Blanchiment d’argent: les agences de change sous haute surveillance

Un bureau de change de devises, à Rabat.. DR

Revue de presseDes inspections approfondies menées à Marrakech, Casablanca, Tanger et Agadir ont révélé de graves manquements à la réglementation anti-blanchiment au sein de plusieurs établissements de change. Transactions anonymes, coupures volontaires des plateformes de traçabilité et soupçons d’activités parallèles illégales, les autorités de contrôle s’apprêtent à sévir fermement. Cet article est une revue de presse tirée du quotidien Assabah.

Le 09/06/2026 à 19h28

L’Office des changes a soumis les registres de sociétés spécialisées dans le transfert et le change de devises à Casablanca, Agadir, Marrakech et Tanger à un examen approfondi, afin de vérifier la régularité des opérations effectuées et le respect des mesures préventives en vigueur dans ce secteur. Les autorités de contrôle ont réuni des données faisant état de dysfonctionnements dans différents bureaux de change, indique Assabah de ce mercredi 10 juin. Des constats qui ont enjoint l’administration centrale à dépêcher des commissions d’inspection à Marrakech pour auditer les documents de trois établissements de change manuel, une démarche qui devrait être suivie par d’autres visites à Casablanca, Agadir et Tanger.

Les investigations ont révélé des infractions majeures impliquant le propriétaire d’une société de change à Marrakech, révèle Assabah. Celui-ci aurait réalisé des opérations de change sans appliquer les mesures de vigilance requises par la réglementation sur le blanchiment d’argent et le financement du terrorisme. Des violations qui portent notamment sur le non-respect des exigences techniques liées à l’utilisation obligatoire de la plateforme d’échange d’informations de l’Office de change, un outil conçu pour permettre aux contrôleurs de suivre les transactions en temps réel.
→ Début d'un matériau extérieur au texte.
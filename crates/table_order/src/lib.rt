// The order of a table's records: preorder, at most 8 bodies deep, extensions last.
#![tactic(auto)]

ghost use Rattle.std.specs.Prelude.{◌≡◌, true, [], ◌≤◌, ◌<◌, length};
ghost use Rattle.reading_rules.specs.Record.{same_up};
ghost use Rattle.definition_rules.specs.Words.{kind_is_compound};
ghost use Rattle.definition_rules.specs.Table.{number_up};
ghost use Rattle.definition_rules.specs.Declarations.{parent_of};
ghost use Rattle.table_rules.specs.RecordRules.{is_open, closed_to, in_extension, push_if, may_stand, stands_in, ordered as is_ordered};
ghost use Rattle.table_records.specs.Shown.{held_record, held_records};
ghost use Rattle.table_order.specs.Open.{frames_of};

use table_records::Records;

// An open body: the number of its record, and whether a field in an extension was met in it. The open ones stand in a row of
// fixed length, and how many they are beside it, as no heap is used.
#[derive(Clone, Copy)]
struct Body {
    number: usize,
    extended: bool,
}

const NO_BODY: Body = Body {
    number: 0,
    extended: false,
};

fn is_open(q: usize, p: usize) -> bool
    ensures { result ≡ is_open (number_up p) q }
{
    (p != numbers::NONE16) & (q == p)
}

// How many bodies stay open once all inside p's are closed.
fn closed_to(bodies: &[Body], depth: usize, p: usize) -> usize
    ensures { (frames_of bodies.now result ≡ closed_to (number_up p) (frames_of bodies.now depth)) × (result ≤ depth) }
{
    for d in (0..depth).rev() {
        if is_open(numbers::get_or(bodies, d, NO_BODY).number, p) {
            return d + 1;
        }
    }
    0
}

fn is_compound(k: u32) -> bool
    ensures { result ≡ kind_is_compound k }
{
    (numbers::STRUCT <= k) & (k <= numbers::UNION)
}

// The innermost open body is p's; outside all, p is none.
fn is_parent(bodies: &[Body], depth: usize, p: usize) -> bool
    ensures { result ≡ same_up (parent_of (frames_of bodies.now depth)) (number_up p) }
{
    if depth == 0 {
        return p == numbers::NONE16;
    }
    is_open(numbers::get_or(bodies, depth - 1, NO_BODY).number, p)
}

// No field outside an extension after one inside, and no extension outside all bodies.
fn may_stand(bodies: &[Body], depth: usize, extension: bool) -> bool
    ensures { result ≡ may_stand (frames_of bodies.now depth) extension }
{
    if depth == 0 {
        return !extension;
    }
    let is_extended = numbers::get_or(bodies, depth - 1, NO_BODY).extended;
    if is_extended {
        return extension;
    }
    true
}

fn stands_in(records: &Records, i: usize, bodies: &[Body], depth: usize) -> bool
    ensures { result ≡ stands_in (frames_of bodies.now depth) (held_record records.now i) }
{
    if !is_parent(bodies, depth, records.parent_at(i)) {
        return false;
    }
    if !may_stand(bodies, depth, records.extension_at(i)) {
        return false;
    }
    !is_compound(records.kind_at(i)) | (depth < numbers::DEPTH_LIMIT)
}

// A field in an extension: from here on the body has only such fields.
fn note_extension(bodies: &mut [Body], depth: usize, extension: bool)
    requires { depth ≤ length bodies.old }
    ensures { frames_of bodies.new depth ≡ in_extension extension (frames_of bodies.old depth) }
{
    if depth == 0 {
        return;
    }
    if extension {
        let number = numbers::get_or(bodies, depth - 1, NO_BODY).number;
        numbers::set(
            bodies,
            depth - 1,
            Body {
                number,
                extended: true,
            },
        );
    }
}

// How many bodies are open after record i, which opens one where it is a struct or a union.
fn opened(records: &Records, i: usize, bodies: &mut [Body], depth: usize) -> usize
    requires { (depth ≤ length bodies.old) × (kind_is_compound (held_record records.now i).kind ≡ true → depth < length bodies.old) }
    ensures { (frames_of bodies.new result ≡ push_if (kind_is_compound (held_record records.now i).kind) i (in_extension (held_record records.now i).extension (frames_of bodies.old depth))) × (result ≤ length bodies.old) }
{
    note_extension(bodies, depth, records.extension_at(i));
    if is_compound(records.kind_at(i)) {
        numbers::set(
            bodies,
            depth,
            Body {
                number: i,
                extended: false,
            },
        );
        return depth + 1;
    }
    depth
}

pub fn ordered(records: &Records) -> bool
    ensures { result ≡ is_ordered [] 0 (held_records records.now) }
{
    let mut bodies = [NO_BODY; numbers::DEPTH_LIMIT];
    let mut depth: usize = 0;
    for i in 0..records.count {
        depth = closed_to(&bodies, depth, records.parent_at(i));
        if !stands_in(records, i, &bodies, depth) {
            return false;
        }
        depth = opened(records, i, &mut bodies, depth);
    }
    true
}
Les inspecteurs ont également relevé des périodes d’interruption volontaire de ce suivi continu, ce qui empêchait la vérification systématique de l’identité des personnes effectuant des opérations de change de devises contre des dirhams, ou inversement, constituant ainsi une violation flagrante des règles sectorielles. Par ailleurs, le propriétaire de cet établissement qui a été audité n’a pas été en mesure d’informer les contrôleurs de l’identité des donneurs d’ordre pour plusieurs transactions, ce qui implique que ces opérations ont été menées en dehors du cadre légal.

Les rapports soulignent en outre l’existence de réseaux se livrant à des faits de spéculation sur les devises contre des dirhams, en ayant recours à certains bureaux de change pour transférer des fonds importants, ou lorsqu’il s’avère que les données fournies sont fictives, des pratiques qui auraient dû faire l’objet d’une déclaration de soupçon auprès de l’Unité de traitement du renseignement financier.

L’Office des changes a déjà retiré leur agrément à certaines entreprises qui ont commis des infractions similaires, et il est fort probable que les autorités de contrôle prennent des mesures disciplinaires strictes à l’encontre des entreprises impliquées dans ces nouveaux manquements, allant jusqu’au retrait définitif des licences, signale le quotidien. Les investigations actuellement menées portent sur la vérification des données reçues par les contrôleurs de l’Office des changes, qui indiquent que certaines de ces entreprises, à Tanger et à Casablanca, exercent des activités parallèles à leur profession, alors que la législation en vigueur interdit formellement aux acteurs de ce secteur de cumuler leur activité avec d’autres métiers.